**Description of the task:** Read the listing below and copy out each line where the word "static" occurs.

══ Records provided ══

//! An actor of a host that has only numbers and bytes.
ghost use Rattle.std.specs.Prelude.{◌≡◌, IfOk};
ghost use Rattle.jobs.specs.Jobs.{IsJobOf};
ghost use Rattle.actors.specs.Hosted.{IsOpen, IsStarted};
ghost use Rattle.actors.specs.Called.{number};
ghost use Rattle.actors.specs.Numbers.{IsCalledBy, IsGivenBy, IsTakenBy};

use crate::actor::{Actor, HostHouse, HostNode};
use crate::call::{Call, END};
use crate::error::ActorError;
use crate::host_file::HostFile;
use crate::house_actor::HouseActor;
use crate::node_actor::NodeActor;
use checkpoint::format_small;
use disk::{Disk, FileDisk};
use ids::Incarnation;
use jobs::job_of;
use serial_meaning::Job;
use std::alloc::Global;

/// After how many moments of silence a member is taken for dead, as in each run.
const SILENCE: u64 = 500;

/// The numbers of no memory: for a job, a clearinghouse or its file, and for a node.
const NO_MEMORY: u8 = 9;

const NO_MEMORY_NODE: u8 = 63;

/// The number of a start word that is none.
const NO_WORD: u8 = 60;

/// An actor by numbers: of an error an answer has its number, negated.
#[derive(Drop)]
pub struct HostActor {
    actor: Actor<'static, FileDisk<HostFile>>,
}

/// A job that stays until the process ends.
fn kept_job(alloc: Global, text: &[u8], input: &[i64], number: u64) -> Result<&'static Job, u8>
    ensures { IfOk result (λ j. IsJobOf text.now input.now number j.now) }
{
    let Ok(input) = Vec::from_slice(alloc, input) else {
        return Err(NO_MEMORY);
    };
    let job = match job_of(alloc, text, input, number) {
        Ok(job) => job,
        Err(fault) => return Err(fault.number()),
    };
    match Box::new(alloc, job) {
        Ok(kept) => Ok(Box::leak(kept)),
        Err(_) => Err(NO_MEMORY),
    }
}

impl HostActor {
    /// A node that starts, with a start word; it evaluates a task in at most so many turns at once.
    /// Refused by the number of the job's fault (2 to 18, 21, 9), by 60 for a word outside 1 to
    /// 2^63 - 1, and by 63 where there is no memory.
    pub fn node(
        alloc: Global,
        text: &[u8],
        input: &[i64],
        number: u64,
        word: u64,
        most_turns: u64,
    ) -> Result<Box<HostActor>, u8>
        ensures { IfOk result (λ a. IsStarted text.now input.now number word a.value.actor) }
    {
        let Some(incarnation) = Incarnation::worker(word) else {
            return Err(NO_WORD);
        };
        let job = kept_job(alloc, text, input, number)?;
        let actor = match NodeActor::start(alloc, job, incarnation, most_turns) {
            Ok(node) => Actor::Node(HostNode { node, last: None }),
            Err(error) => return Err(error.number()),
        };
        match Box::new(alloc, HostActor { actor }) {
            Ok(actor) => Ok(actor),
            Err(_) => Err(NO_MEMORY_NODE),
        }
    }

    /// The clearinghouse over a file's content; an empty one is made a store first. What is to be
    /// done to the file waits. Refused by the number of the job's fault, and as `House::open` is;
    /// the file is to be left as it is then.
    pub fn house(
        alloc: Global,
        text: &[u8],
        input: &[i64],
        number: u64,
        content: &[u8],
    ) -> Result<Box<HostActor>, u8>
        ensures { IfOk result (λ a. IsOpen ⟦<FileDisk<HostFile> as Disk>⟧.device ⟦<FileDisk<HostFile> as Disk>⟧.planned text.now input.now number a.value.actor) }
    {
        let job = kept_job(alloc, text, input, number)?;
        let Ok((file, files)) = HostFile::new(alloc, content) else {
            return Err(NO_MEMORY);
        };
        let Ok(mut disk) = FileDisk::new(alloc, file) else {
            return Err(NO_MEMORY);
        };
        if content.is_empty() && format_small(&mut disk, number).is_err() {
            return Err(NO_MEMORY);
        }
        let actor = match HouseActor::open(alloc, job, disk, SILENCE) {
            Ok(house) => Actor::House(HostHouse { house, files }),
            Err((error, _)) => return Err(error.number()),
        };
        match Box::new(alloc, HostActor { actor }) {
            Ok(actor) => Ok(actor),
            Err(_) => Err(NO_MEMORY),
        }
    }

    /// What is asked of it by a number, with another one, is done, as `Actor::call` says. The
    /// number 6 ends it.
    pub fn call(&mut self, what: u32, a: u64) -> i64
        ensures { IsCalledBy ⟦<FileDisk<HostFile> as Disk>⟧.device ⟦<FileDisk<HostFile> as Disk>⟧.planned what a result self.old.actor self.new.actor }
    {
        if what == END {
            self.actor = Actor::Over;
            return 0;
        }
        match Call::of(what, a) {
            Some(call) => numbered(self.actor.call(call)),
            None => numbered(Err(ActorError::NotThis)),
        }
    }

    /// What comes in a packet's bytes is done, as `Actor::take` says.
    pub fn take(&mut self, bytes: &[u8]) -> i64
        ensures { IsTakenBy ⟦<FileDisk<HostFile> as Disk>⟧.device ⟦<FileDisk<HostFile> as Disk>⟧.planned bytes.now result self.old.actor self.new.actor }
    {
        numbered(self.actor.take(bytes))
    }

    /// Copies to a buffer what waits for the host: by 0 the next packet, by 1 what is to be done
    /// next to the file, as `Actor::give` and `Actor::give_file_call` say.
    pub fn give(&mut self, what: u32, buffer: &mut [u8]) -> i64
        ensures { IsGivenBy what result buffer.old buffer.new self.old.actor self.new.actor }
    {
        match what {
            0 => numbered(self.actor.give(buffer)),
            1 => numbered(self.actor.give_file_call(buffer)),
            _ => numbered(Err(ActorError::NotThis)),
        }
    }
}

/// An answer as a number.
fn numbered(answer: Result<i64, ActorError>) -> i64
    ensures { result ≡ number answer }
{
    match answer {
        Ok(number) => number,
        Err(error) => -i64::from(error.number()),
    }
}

═══
══ Records provided ══

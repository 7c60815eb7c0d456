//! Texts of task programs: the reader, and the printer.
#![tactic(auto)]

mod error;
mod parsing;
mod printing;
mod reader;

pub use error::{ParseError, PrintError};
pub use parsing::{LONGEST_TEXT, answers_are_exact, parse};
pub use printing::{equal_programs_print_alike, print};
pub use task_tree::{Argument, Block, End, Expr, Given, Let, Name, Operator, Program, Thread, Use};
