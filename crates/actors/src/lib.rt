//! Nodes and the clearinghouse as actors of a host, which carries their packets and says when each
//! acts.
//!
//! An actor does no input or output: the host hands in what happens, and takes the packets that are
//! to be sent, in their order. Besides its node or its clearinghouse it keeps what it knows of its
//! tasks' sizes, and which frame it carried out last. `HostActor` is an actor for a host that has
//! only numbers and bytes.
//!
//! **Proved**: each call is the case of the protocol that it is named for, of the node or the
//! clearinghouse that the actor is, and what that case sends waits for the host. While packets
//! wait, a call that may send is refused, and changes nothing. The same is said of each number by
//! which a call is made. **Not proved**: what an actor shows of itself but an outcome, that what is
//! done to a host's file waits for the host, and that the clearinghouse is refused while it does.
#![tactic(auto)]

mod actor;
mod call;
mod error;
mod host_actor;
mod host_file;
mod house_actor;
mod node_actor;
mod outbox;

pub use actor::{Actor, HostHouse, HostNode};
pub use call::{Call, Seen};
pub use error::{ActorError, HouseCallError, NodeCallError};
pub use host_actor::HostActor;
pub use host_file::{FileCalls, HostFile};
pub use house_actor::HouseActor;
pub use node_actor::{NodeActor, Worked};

═══

**Completed task:**
    actor: Actor<'static, FileDisk<HostFile>>,
fn kept_job(alloc: Global, text: &[u8], input: &[i64], number: u64) -> Result<&'static Job, u8>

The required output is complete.